//! A CPU between threads: its firing side, its soft sides and its books.

ghost use Rattle.std.specs.Prelude.{◌≡◌, None, false, IfSome, IfOk, IfErr};
ghost use Rattle.cyc_types.specs.declared.refusal.Refusal.TheVariants.{Memory};
ghost use Rattle.cyc_border.specs.Pair.{FiresSide, IsNewPair, IsClosedOf, SameRings};

use crate::calling::fire;
use crate::held::HeldEnd;
use crate::soft_side::SoftSide;
use cyc_cpu::Hard;
use cyc_ring::{Closed, Ring};
use cyc_timers::{FireRefused, Fired};
use cyc_types::{Ceiling, CyclicId, Moment, Refusal};
use std::alloc::Global;
use std::sync::Arc;

/// The firing side of a CPU whose soft sides other threads have.
#[derive(Drop)]
pub struct Firing {
    pub hard: Hard<HeldEnd>,
    /// The high cyclic that is handed out: the last fire stopped in front of it, but for those that were refused at once.
    pub high: Option<CyclicId>,
}

/// The books of the two soft levels of a CPU that was closed.
#[derive(Drop)]
pub struct Books {
    pub lock: Closed,
    pub low: Closed,
}

/// Room for the books, whose memory is taken before the CPU is closed.
#[derive(Drop)]
pub struct Shelf {
    pub books: Option<Books>,
}

/// The two sides of a new ring, which they share.
fn sides(alloc: Global, ceiling: Ceiling) -> Result<(HeldEnd, SoftSide), Refusal>
    ensures ok { IfOk result (λ s. IsNewPair ceiling s.0 s.1) }
    ensures err { IfErr result (λ e. e ≡ Memory) }
{
    let (ring, raise_seat, drain_seat) = Ring::open(alloc, ceiling, 0)?;
    let ring = Arc::new(alloc, ring)?;
    let shared = Arc::try_clone(&ring)?;
    Ok((
        HeldEnd {
            ring,
            seat: Some(raise_seat),
        },
        SoftSide {
            ring: shared,
            seat: Some(drain_seat),
        },
    ))
}

/// The books of a ring whose two sides come back.
fn join(end: HeldEnd, soft: SoftSide) -> Option<Closed>
    requires { end.ring.value ≡ soft.ring.value }
    ensures { IfSome result (λ c. IsClosedOf end.seat soft.seat c) }
{
    let HeldEnd { ring, seat } = end;
    let SoftSide {
        ring: shared,
        seat: other,
    } = soft;
    let raise_seat = seat.unwrap();
    let drain_seat = other.unwrap();
    drop(shared);
    let ring = Arc::into_inner(ring)?;
    Some(ring.close(raise_seat, drain_seat))
}

/// The three handles of a new CPU.
pub fn opened(
    alloc: Global,
    ceiling: Ceiling,
    most: u64,
) -> Result<(Firing, SoftSide, SoftSide), Refusal>
    ensures ok { IfOk result (λ r. IsNewPair ceiling r.0.hard.lock r.1 × IsNewPair ceiling r.0.hard.low r.2
        × (r.0.hard.most ≡ most) × (r.0.hard.suspended ≡ false) × (r.0.high ≡ None)) }
    ensures err { IfErr result (λ e. e ≡ Memory) }
{
    let (lock, lock_soft) = sides(alloc, ceiling)?;
    let (low, low_soft) = sides(alloc, ceiling)?;
    let hard = Hard::new(alloc, most, lock, low)?;
    Ok((Firing { hard, high: None }, lock_soft, low_soft))
}

/// The books of a CPU whose three handles come back. None where another handle of a ring is still about.
pub fn closed(firing: Firing, lock: SoftSide, low: SoftSide) -> Option<Books>
    requires { SameRings firing lock low }
    ensures { IfSome result (λ b. IsClosedOf firing.hard.lock.seat lock.seat b.lock
        × IsClosedOf firing.hard.low.seat low.seat b.low) }
{
    let Firing { hard, high: _ } = firing;
    let (lock_end, low_end) = hard.into_ends();
    let lock = join(lock_end, lock);
    let low = join(low_end, low);
    Some(Books {
        lock: lock?,
        low: low?,
    })
}

impl Firing {
    /// Makes the expirations that are due, up to the next high one. Refuses as `calling::fire` does.
    pub fn fire(&mut self, now: Moment) -> Result<Fired, FireRefused>
        ensures { FiresSide now result self.old self.new }
    {
        fire(&mut self.hard, &mut self.high, now)
    }
}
::::::::
Among the entries above, how many lines hold the string "sides"? Give the number by itself.

7